For the word "usize", count the lines in the records below that include it and give only that number.

::: DATA IN THIS EXERCISE :::

ghost use Rattle.std.specs.Prelude.{◌≡◌, ◌≤◌, length};

use super::{open, subvolumes};
use blk_base::{Block, ItemFault, Key, crc32c, put_bytes, put_u8, put_u16, put_u32, put_u64};
use disk_memory::ListDisk;
use foreign_format::{ForeignFault, ReadFault};
use std::alloc::Global;
use std::process::Abort;
use std::test::Fail;

const FSID: [u8; 16] = [7; 16];

/// A tree block of four blocks of the disk.
type Node = [u8; 16384];

/// The logical addresses of the three chunks, each of 64 KiB: system, metadata and data.
const SYSTEM: u64 = 1_048_576;

const METADATA: u64 = 2_097_152;

const DATA: u64 = 13_631_488;

/// The blocks of the disk where the first copies of the chunks begin.
const SYSTEM_BLOCK: u32 = 32;

const METADATA_BLOCK: u32 = 48;

const DATA_BLOCK: u32 = 64;

/// Puts an item into a leaf.
fn put_item(node: &mut Node, i: usize, key: &Key, data: &[u8]) -> Result<(), Fail> {
    if i >= 12 || data.len() > 1000 {
        return Err(Fail::from("no room"));
    }
    let header = 101 + 25 * i;
    let place = 4000 + 1000 * i;
    put_u64(node, header, key.objectid);
    put_u8(node, header + 8, key.kind);
    put_u64(node, header + 9, key.offset);
    put_u32(node, header + 17, place as u32 - 101);
    put_u32(node, header + 21, data.len() as u32);
    put_bytes(node, place, data);
    Ok(())
}

/// An empty leaf of generation 9 at a logical address, for so many items.
fn leaf_at(at: u64, count: u32) -> Node {
    let mut node = [0; 16384];
    put_bytes(&mut node, 32, &FSID);
    put_u64(&mut node, 48, at);
    put_u64(&mut node, 80, 9);
    put_u32(&mut node, 96, count);
    node
}

/// Writes a chunk item of 64 KiB whose first copy begins at a block of the disk.
fn put_chunk(item: &mut [u8], kind: u64, stripes: u16, block: u32)
    requires { 80 ≤ length item.old }
{
    put_u64(item, 0, 65_536);
    put_u64(item, 24, kind);
    put_u16(item, 44, stripes);
    put_u64(item, 56, block as u64 * 4096);
}

/// The item of a chunk that stands twice.
fn chunk_item(kind: u64, block: u32) -> [u8; 112] {
    let mut item = [0; 112];
    put_chunk(&mut item, kind, 2, block);
    item
}

/// The key of a chunk item.
fn chunk_key(logical: u64) -> Key {
    Key {
        objectid: 256,
        kind: 228,
        offset: logical,
    }
}

/// The leaf of the chunk tree.
fn chunk_leaf() -> Result<Node, Fail> {
    let mut node = leaf_at(SYSTEM, 3);
    put_item(
        &mut node,
        0,
        &chunk_key(SYSTEM),
        &chunk_item(34, SYSTEM_BLOCK),
    )?;
    put_item(
        &mut node,
        1,
        &chunk_key(METADATA),
        &chunk_item(36, METADATA_BLOCK),
    )?;
    let mut data = [0; 80];
    put_chunk(&mut data, 1, 1, DATA_BLOCK);
    put_item(&mut node, 2, &chunk_key(DATA), &data)?;
    Ok(node)
}

/// A root item of 439 bytes whose tree's root is at this address.
fn root_item(at: u64, refs: u32) -> [u8; 439] {
    let mut item = [0; 439];
    put_u64(&mut item, 160, 9);
    put_u64(&mut item, 176, at);
    put_u32(&mut item, 216, refs);
    item
}

/// The key of a root item.
fn root_key(id: u64, offset: u64) -> Key {
    Key {
        objectid: id,
        kind: 132,
        offset,
    }
}

/// The leaf of the root tree: of 256 there are two, of which the later counts, and nothing refers to 257.
fn root_leaf() -> Result<Node, Fail> {
    let mut node = leaf_at(METADATA, 5);
    put_item(&mut node, 0, &root_key(4, 0), &[0; 2])?;
    put_item(
        &mut node,
        1,
        &root_key(5, 0),
        &root_item(METADATA + 16_384, 1),
    )?;
    put_item(&mut node, 2, &root_key(256, 7), &root_item(1, 1))?;
    put_item(&mut node, 3, &root_key(256, 8), &root_item(2, 1))?;
    put_item(&mut node, 4, &root_key(257, 0), &root_item(3, 0))?;
    Ok(node)
}

/// The superblock's block.
fn super_block() -> Block {
    let mut block = [0; 4096];
    put_bytes(&mut block, 32, &FSID);
    put_u64(&mut block, 0x30, 65_536);
    put_bytes(&mut block, 0x40, b"_BHRfS_M");
    put_u64(&mut block, 0x48, 9);
    put_u64(&mut block, 0x50, METADATA);
    put_u64(&mut block, 0x58, SYSTEM);
    put_u64(&mut block, 0x88, 1);
    put_u32(&mut block, 0x90, 4096);
    put_u32(&mut block, 0x94, 16_384);
    put_u32(&mut block, 0xa0, 129);
    put_u64(&mut block, 0x32b, 256);
    put_u8(&mut block, 0x333, 228);
    put_u64(&mut block, 0x334, SYSTEM);
    put_bytes(&mut block, 0x33c, &chunk_item(34, SYSTEM_BLOCK));
    block
}

/// What is changed in the image: a byte of the superblock, of the chunk tree's leaf or of the root tree's, after which the
/// sum is right; and the fault.
#[derive(Clone, Copy)]
struct Change {
    block: u32,
    offset: usize,
    value: u8,
    fault: ForeignFault,
}

/// Puts a tree block on the disk from this block on, with the change where it is that block's.
fn put_node(
    disk: &mut ListDisk<128>,
    at: u32,
    node: &mut Node,
    change: &Change,
) -> Result<(), Fail> {
    if at > 100 {
        return Err(Fail::from("no place"));
    }
    if change.block == at && change.offset < 16_384 {
        node[change.offset] = change.value;
    }
    let sum = crc32c(&node[32..]);
    put_u32(node, 0, sum);
    for (number, part) in node.chunks_exact(4096).enumerate() {
        let mut block = [0; 4096];
        if number < 4 && part.len() == 4096 {
            block.copy_from_slice(part);
            disk.put(at + number as u32, &block)?;
        }
    }
    Ok(())
}

/// The numbers and roots of the subvolumes of the image with a change.
fn read_changed(
    alloc: Global,
    change: &Change,
) -> Result<Result<Vec<(u64, u64)>, ReadFault>, Fail> {
    let mut disk = ListDisk::new(alloc, 0);
    let mut block = super_block();
    if change.block == 16 && change.offset < 4096 {
        block[change.offset] = change.value;
    }
    let sum = crc32c(&block[32..]);
    put_u32(&mut block, 0, sum);
    disk.put(16, &block)?;
    put_node(&mut disk, SYSTEM_BLOCK, &mut chunk_leaf()?, change)?;
    put_node(&mut disk, METADATA_BLOCK, &mut root_leaf()?, change)?;
    let opened = match open(alloc, &mut disk) {
        Ok(opened) => opened,
        Err(fault) => return Ok(Err(fault)),
    };
    let subs = match subvolumes(alloc, &mut disk, &opened.volume, &opened.superblock) {
        Ok(subs) => subs,
        Err(fault) => return Ok(Err(fault)),
    };
    let mut roots = Vec::new(alloc);
    for sub in &subs {
        roots.push((sub.id, sub.root.at))?;
    }
    Ok(Ok(roots))
}

/// The subvolumes of an image that a maker wrote after the definition.
#[test]
fn made_image(rt: HostRuntime) -> Result<(), Fail> {
    let none = Change {
        block: 0,
        offset: 0,
        value: 0,
        fault: ForeignFault::Magic,
    };
    let Ok(roots) = read_changed(rt.alloc(), &none)? else {
        return Err(Fail::from("refused"));
    };
    assert!(rt; roots.as_slice() == [(5, METADATA + 16_384), (256, 2)].as_slice());
    Ok(())
}

/// The image with a byte changed: each fault by its name.
#[test]
fn changed_images(rt: HostRuntime) -> Result<(), Fail> {
    for (block, offset, value, fault) in [
        (16, 0x40, 0, ForeignFault::Magic),
        (16, 0xc4, 1, ForeignFault::Kind(1)),
        (16, 0x95, 0x41, ForeignFault::Size),
        (16, 0x63, 1, ForeignFault::HasLog(16_777_216)),
        (16, 0x88, 2, ForeignFault::Devices(2)),
        (16, 0x333, 229, ForeignFault::Array),
        (16, 0x33e, 0, ForeignFault::Chunk(SYSTEM)),
        (16, 0xc7, 8, ForeignFault::Level(SYSTEM)),
        (16, 0x5a, 0x11, ForeignFault::Unmapped(1_114_112)),
        // Of the data chunk the type has bit 16, which is RAID1.
        (32, 6024, 17, ForeignFault::Profile(DATA)),
        // The metadata chunk's item lacks the second copy.
        (32, 147, 80, ForeignFault::Chunk(METADATA)),
        // The system chunk passes the end of the disk.
        (32, 4002, 0x11, ForeignFault::Chunk(SYSTEM)),
        (16, 0xc6, 8, ForeignFault::Level(METADATA)),
        (
            48,
            148,
            0,
            ForeignFault::Item(METADATA, root_key(5, 0), ItemFault::Size),
        ),
    ] {
        let change = Change {
            block,
            offset,
            value,
            fault,
        };
        let answer = read_changed(rt.alloc(), &change)?;
        let Err(ReadFault::Foreign(found)) = answer else {
            return Err(Fail::from("accepted"));
        };
        assert_eq!(rt; found, change.fault);
    }
    Ok(())
}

:::

_RESULT FOR THIS TASK_:
2